//! Tables of the weights of all rows at the corners of a rectangle, made once for it.

ghost use Rattle.std.specs.Prelude.{◌≡◌, ℕ, ◌+◌, ◌*◌, ◌^◌, ◌<◌, ◌≤◌, ◌++◌, ◌≤ℤ◌, ◌<ℤ◌, ◌+ℤ◌, ◌-ℤ◌, ◌*ℤ◌, ◌-◌, ◌%◌, ◌⊎◌, ◌↔◌, pos, length, All, map, take, count_ones, unsigned_abs, IsTrue, if◌then◌else◌};
ghost use Rattle.lift_grid.specs.Rectangle.{Spans, spans_of};
ghost use Rattle.lift_model.specs.Model.{row_at, support};
ghost use Rattle.lift_model.specs.Links.{ArePlaces, weight_count};
ghost use Rattle.corner_lift.specs.Corner.{corner_sum};
ghost use Rattle.corner_lift.specs.Certificate.{AreNumbers, mark, ranked_below};
ghost use Rattle.corner_lift.specs.Case.{number, IsCase, IsRowOf, AreSidesInside, IsGreatest, IsLeast, BoundsAbove, BoundsBelow, row_value, row_whole, corner_count, abs_sum, engine_limit, most_precision, most_row_parameters};
ghost use Rattle.corner_lift.specs.Ends.{weight_at, greatest_end, IsPair};
ghost use Rattle.corner_lift.specs.Table.{block, IsTable, CanRead, HasShortSums, loop_weight};
ghost use Rattle.corner_lift.specs.Dot.{dot, total, corner_part, only_at, but_at, CanSum, CanCompare, FitsLane, FitsLaneAtCorners};

use crate::case::Case;
use crate::corner_table::{CornerTable, Others};
use crate::ends::Ends;
use crate::laws::premises;
use crate::pairs::{greater_in_lane, lesser_in_lane};
use crate::row::{greater, lesser};
use lift_model::{Links, Row, RowPlace};

/// Two corners of a row that differ at most in the end of the row's first parameter.
#[derive(Drop)]
struct CornerPair {
    /// The one with its low end.
    low: Ends,
    /// The one with its high end.
    high: Ends,
}

/// Writes the weights of a row at a corner.
fn fill_corner(case: &Case, row: &Row, ends: &Ends, place: usize, weights: &mut [i128])
    requires room { abs_sum row.now * (greatest_end case.now.d ends.now ^ length ends.now * 2 ^ case.now.w) < engine_limit }
    requires space { place + length row.now ≤ length weights.old }
    ensures { take (place + length row.now) weights.new
        ≡ take place weights.old ++ map (λ entry. weight_at case.now.d ends.now entry.poly) row.now }
{
    let d = case.grid().d;
    let mut at = place;
    for entry in row.entries() {
        weights[at] = ends.weight(d, &entry.poly);
        at += 1;
    }
}

/// How many corners a set of parameters has.
fn corners(support: u16) -> u32
    requires { count_ones support ≤ most_row_parameters }
    ensures { result ≡ 2 ^ count_ones support }
{
    1 << support.count_ones()
}

/// What two parts weigh together: the one over the end of their parameter, the other over `d`.
fn joined(present: i128, absent: i128, end: i64, d: i64) -> i128
    requires present { unsigned_abs present * unsigned_abs end < engine_limit }
    requires absent { unsigned_abs absent * unsigned_abs d < engine_limit }
    ensures { result ≡ present *ℤ end +ℤ absent *ℤ d }
{
    times(present, end) + times(absent, d)
}

/// Writes the weights of a row at two corners that differ in one parameter: what the other parameters
/// give is calculated once for both.
fn fill_pair(
    case: &Case,
    row: &Row,
    pair: &CornerPair,
    low_weights: &mut [i128],
    high_weights: &mut [i128],
)
    requires pair { IsPair pair.now.low pair.now.high }
    requires low_room { abs_sum row.now * (greatest_end case.now.d pair.now.low ^ length pair.now.low * 2 ^ case.now.w) < engine_limit }
    requires high_room { abs_sum row.now * (greatest_end case.now.d pair.now.high ^ length pair.now.high * 2 ^ case.now.w) < engine_limit }
    requires low_space { length low_weights.old ≡ length row.now }
    requires high_space { length high_weights.old ≡ length row.now }
    ensures low { low_weights.new ≡ map (λ entry. weight_at case.now.d pair.now.low entry.poly) row.now }
    ensures high { high_weights.new ≡ map (λ entry. weight_at case.now.d pair.now.high entry.poly) row.now }
{
    let d = case.grid().d;
    let (parameter, low_end) = pair.low.first();
    let (_, high_end) = pair.high.first();
    let rest = pair.low.rest();
    let mut at = 0;
    for entry in row.entries() {
        let (present, absent) = rest.parts(parameter, d, &entry.poly);
        low_weights[at] = joined(present, absent, low_end, d);
        high_weights[at] = joined(present, absent, high_end, d);
        at += 1;
    }
}
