//! Why the program ends early: in words, and as an exit status.

use std::alloc::{AllocError, AllocFailed};
use std::fmt;
use wf_calls::{Answer, Code};
use wf_io::WriteStop;
use wf_words::NoMemory;

/// What went wrong.
#[derive(Clone, Copy, Debug, PartialEq, Eq)]
pub(crate) enum Stop {
    /// There was no memory.
    NoMemory,
    /// A call was refused with this code.
    Refused(Code),
    /// The output took no more.
    NotWritten,
}

impl Stop {
    /// Returns the exit status of the program: those of `wfplay` for what both have.
    pub(crate) fn status(self) -> u8 {
        match self {
            Stop::NoMemory | Stop::Refused(Code::OutOfMemory) => 10,
            Stop::Refused(_) => 5,
            Stop::NotWritten => 6,
        }
    }
}

/// Returns the value of an `answer`, or its refusal.
pub(crate) fn value_of(answer: Answer) -> Result<u32, Stop> {
    if answer.code.is_ok() {
        Ok(answer.value)
    } else {
        Err(Stop::Refused(answer.code))
    }
}

impl fmt::Display for Stop {
    fn fmt<W: fmt::Write>(&self, f: &mut fmt::Formatter<W>) -> fmt::Result {
        match self {
            Stop::NoMemory => f.write_str("there was no memory"),
            Stop::Refused(code) => write!(f, "a call was refused: {code:?}"),
            Stop::NotWritten => f.write_str("the output took no more"),
        }
    }
}

impl From<NoMemory> for Stop {
    fn from(_stop: NoMemory) -> Stop {
        Stop::NoMemory
    }
}

impl From<AllocError> for Stop {
    fn from(_stop: AllocError) -> Stop {
        Stop::NoMemory
    }
}

impl<T: Drop> From<AllocFailed<T>> for Stop {
    fn from(_stop: AllocFailed<T>) -> Stop {
        Stop::NoMemory
    }
}

impl From<WriteStop> for Stop {
    fn from(_stop: WriteStop) -> Stop {
        Stop::NotWritten
    }
}
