//! The window system: one device, whose context off the screen composes what its context of the screen shows.

ghost use Rattle.std.specs.Prelude.{◌<◌};

use crate::TICKS;
use crate::client::{Streams, ask, make_stream};
use crate::ends::Stop;
use wf_calls::Request;
use wf_machine::Machine;
use wf_pixel::Format;
use wf_scene::{ContextAttr, ElementAttr};

/// The number under which the window system makes its calls.
const SYSTEM: u8 = 0;

/// A value of an attribute. Of four numbers those are read that it has: of a rectangle x, y, width and height.
type Value = [i64; 4];

/// The whole pattern, all of the target of the mirrors, and where the screen shows that: at a third of its sides.
const PATTERN: Value = [0, 0, 120, 120];

const MIRRORS: Value = [0, 0, 240, 240];

const SHOWN: Value = [8, 8, 80, 80];

/// The whole gauge.
const GAUGE: Value = [0, 0, 24, 80];

/// What the window system keeps, by handles.
#[derive(Clone, Copy)]
pub(crate) struct Desk {
    device: u32,
    /// The context off the screen, which was made first: a tick composes contexts by rising handles.
    mirrors: u32,
    /// The context of the screen.
    screen: u32,
    /// The element of the screen that shows the gauge.
    gauge: u32,
}

/// Opens a device on `machine` with both contexts, builds their scenes over `streams`, and lets each tick compose them.
pub(crate) fn open(machine: &mut Machine, streams: Streams) -> Result<Desk, Stop> {
    let device = ask(machine, SYSTEM, &Request::DeviceNew)?;
    // The target of a context off the screen is a stream like any other: what shows it shows what was composed last.
    let stream = make_stream(machine, SYSTEM, (240, 240), Format::Rgbx8)?;
    let mirrors = ask(machine, SYSTEM, &Request::StreamContext { device, stream })?;
    show_mirrors(machine, device, mirrors, streams.pattern)?;
    let port = 1;
    let screen = ask(machine, SYSTEM, &Request::ScreenContext { device, port })?;
    let shown = show(machine, device, screen, stream, MIRRORS)?;
    set(machine, device, shown, ElementAttr::Dest, SHOWN)?;
    let gauge = show(machine, device, screen, streams.gauge, GAUGE)?;
    for context in [mirrors, screen] {
        ask(machine, SYSTEM, &Request::Activate { device, context })?;
    }
    Ok(Desk {
        device,
        mirrors,
        screen,
        gauge,
    })
}

/// Shows the whole `pattern` in `context` eight times over itself, at twice its sides and translucent: turned by each quarter, and so once
/// more upside down.
fn show_mirrors(
    machine: &mut Machine,
    device: u32,
    context: u32,
    pattern: u32,
) -> Result<(), Stop> {
    for flip in [0, 1] {
        for turn in [0, 90, 180, 270] {
            let mirror = show(machine, device, context, pattern, PATTERN)?;
            for (attr, value) in [
                (ElementAttr::Dest, MIRRORS),
                (ElementAttr::Flip, [flip, 0, 0, 0]),
                (ElementAttr::Rotation, [turn, 0, 0, 0]),
                // The sum of 1 for the element's own alpha, and 2 for that of its pixels.
                (ElementAttr::Transparency, [3, 0, 0, 0]),
                (ElementAttr::Alpha, [170, 0, 0, 0]),
            ] {
                set(machine, device, mirror, attr, value)?;
            }
        }
    }
    Ok(())
}

/// Makes an element at the bottom of `context` that shows the `part` of `stream`, and has no place yet.
fn show(
    machine: &mut Machine,
    device: u32,
    context: u32,
    stream: u32,
    part: Value,
) -> Result<u32, Stop> {
    let source = Request::SourceNew {
        device,
        context,
        stream,
    };
    let source = ask(machine, SYSTEM, &source)?;
    let element = ask(machine, SYSTEM, &Request::ElementNew { device, context })?;
    let value = [source.into(), 0, 0, 0];
    set(machine, device, element, ElementAttr::Source, value)?;
    set(machine, device, element, ElementAttr::SrcRect, part)?;
    let below = 0;
    let insert = Request::ElementInsert {
        device,
        element,
        below,
    };
    ask(machine, SYSTEM, &insert)?;
    Ok(element)
}

/// Sets an attribute of `element` to `value`.
fn set(
    machine: &mut Machine,
    device: u32,
    element: u32,
    attr: ElementAttr,
    value: Value,
) -> Result<(), Stop> {
    let request = Request::ElementSet {
        device,
        element,
        attr,
        value,
    };
    ask(machine, SYSTEM, &request)?;
    Ok(())
}

/// Changes both scenes of `desk` for `tick`: the mirrors get another background, and the gauge moves down. Nobody sees that before the
/// commits, each of which takes its whole scene.
pub(crate) fn change(machine: &mut Machine, desk: Desk, tick: u8) -> Result<(), Stop>
    requires { tick < TICKS }
{
    let device = desk.device;
    let at = i64::from(tick);
    let background = Request::ContextSet {
        device,
        context: desk.mirrors,
        attr: ContextAttr::Background,
        value: [20 + 4 * at, 24, 60 - 4 * at, 255],
    };
    ask(machine, SYSTEM, &background)?;
    let place = [96, 1 + at, 24, 80];
    set(machine, device, desk.gauge, ElementAttr::Dest, place)?;
    for context in [desk.mirrors, desk.screen] {
        ask(machine, SYSTEM, &Request::Commit { device, context })?;
    }
    Ok(())
}
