//! The program `wfembed_rows`: composes in two steps, and paints with four workers. A client draws into two streams at each tick; a
//! context off the screen composes eight mirrors of one of them into a third stream; and the screen of port 1 shows that stream beside
//! the other one. The last frame of the port is written to standard output, as a PPM picture (P6). docs/embedding.md goes through it.
#![tactic(auto)]

ghost use Rattle.std.specs.Prelude.{◌≡◌, ◌∷◌, [], IsTrue};
ghost use Rattle.wf_pixel.specs.Choice.{has_sides};

mod client;
mod clock;
mod ends;
mod ppm;
mod system;

use arrayvec::ArrayVec;
use ends::Stop;
use ppm::write_ppm;
use std::alloc::Global;
use std::process::ExitCode;
use std::thread::Threads;
use wf_calls::{JobPlace, Modes, Ports};
use wf_io::{Sink, StdSink};
use wf_machine::Machine;
use wf_pixel::Size;
use wf_words::NoMemory;

/// The screen of port 1.
const SCREEN: Size = Size { w: 128, h: 96 };

/// How many ticks there are.
const TICKS: u8 = 8;

fn main(rt: HostRuntime) -> ExitCode {
    let mut output = StdSink::new(rt.stdout());
    // `main` keeps the runtime and lends it as `&rt`: below, functions name by bounds what they use of it.
    match run(&rt, &mut output) {
        Ok(()) => ExitCode::SUCCESS,
        Err(stop) => {
            let _ = eprintln!(&rt; "wfembed_rows: {stop}");
            ExitCode::from(stop.status())
        }
    }
}

/// Opens the machine, and plays on it to `output`. What starts threads is given `rt` by the bound `Threads`, and since the work that goes
/// to a thread has it too, by the bound `Sync`.
fn run<R: Threads + Sync + AllocGlobal, K: Sink>(rt: &R, output: &mut K) -> Result<(), Stop> {
    let mut machine = open(rt.alloc(), SCREEN)?;
    // Here each frame stands from its Begin to its End, so no Job is moved.
    let mut place = JobPlace::new(rt.alloc())?;
    play(rt, &mut machine, &mut place, output)
}

/// Plays all ticks on `machine`, paints each frame in `place` with threads of `rt`, and writes the last one of the port to `output`.
fn play<R: Threads + Sync + AllocGlobal, K: Sink>(
    rt: &R,
    machine: &mut Machine,
    place: &mut JobPlace,
    output: &mut K,
) -> Result<(), Stop> {
    let streams = client::make_streams(machine)?;
    let desk = system::open(machine, streams)?;
    for tick in 0..TICKS {
        client::draw(machine, streams, tick)?;
        system::change(machine, desk, tick)?;
        clock::compose(rt, machine, place)?;
        clock::begin_port(rt, machine, place)?;
        // Here a real output would take the image, at each tick. Until the End the frame is ours.
        if tick == TICKS - 1 {
            write_frame(output, rt.alloc(), place)?;
        }
        clock::end(machine, place)?;
    }
    Ok(())
}

/// Writes the frame that stands in `place` to `output`, if one does.
fn write_frame<K: Sink>(output: &mut K, alloc: Global, place: &JobPlace) -> Result<(), Stop> {
    match place.job() {
        Some(job) => write_ppm(output, alloc, &job.image),
        None => Ok(()),
    }
}

/// Opens the machine before the first call, with one port of this `size`. All memory that its frames need is taken here.
fn open(alloc: Global, size: Size) -> Result<Machine, NoMemory>
    requires { IsTrue (has_sides size) }
{
    let mut modes: ArrayVec<Modes, 4> = ArrayVec::new();
    modes.push(one_mode(size));
    Machine::open(alloc, &Ports { modes, pipes: 0 })
}

/// Returns the one mode of a port, of this `size`.
fn one_mode(size: Size) -> Modes
    ensures { result.sizes.items ≡ size ∷ [] }
{
    let mut sizes: ArrayVec<Size, 4> = ArrayVec::new();
    sizes.push(size);
    Modes { sizes }
}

══════════

What are the lines above, starting at the one with "for tick in" and ending at the one with "fn one_mode(size: Size) -> Modes"? Give them again exactly, and only them.

    for tick in 0..TICKS {
        client::draw(machine, streams, tick)?;
        system::change(machine, desk, tick)?;
        clock::compose(rt, machine, place)?;
        clock::begin_port(rt, machine, place)?;
        // Here a real output would take the image, at each tick. Until the End the frame is ours.
        if tick == TICKS - 1 {
            write_frame(output, rt.alloc(), place)?;
        }
        clock::end(machine, place)?;
    }
    Ok(())
}

/// Writes the frame that stands in `place` to `output`, if one does.
fn write_frame<K: Sink>(output: &mut K, alloc: Global, place: &JobPlace) -> Result<(), Stop> {
    match place.job() {
        Some(job) => write_ppm(output, alloc, &job.image),
        None => Ok(()),
    }
}

/// Opens the machine before the first call, with one port of this `size`. All memory that its frames need is taken here.
fn open(alloc: Global, size: Size) -> Result<Machine, NoMemory>
    requires { IsTrue (has_sides size) }
{
    let mut modes: ArrayVec<Modes, 4> = ArrayVec::new();
    modes.push(one_mode(size));
    Machine::open(alloc, &Ports { modes, pipes: 0 })
}

/// Returns the one mode of a port, of this `size`.
fn one_mode(size: Size) -> Modes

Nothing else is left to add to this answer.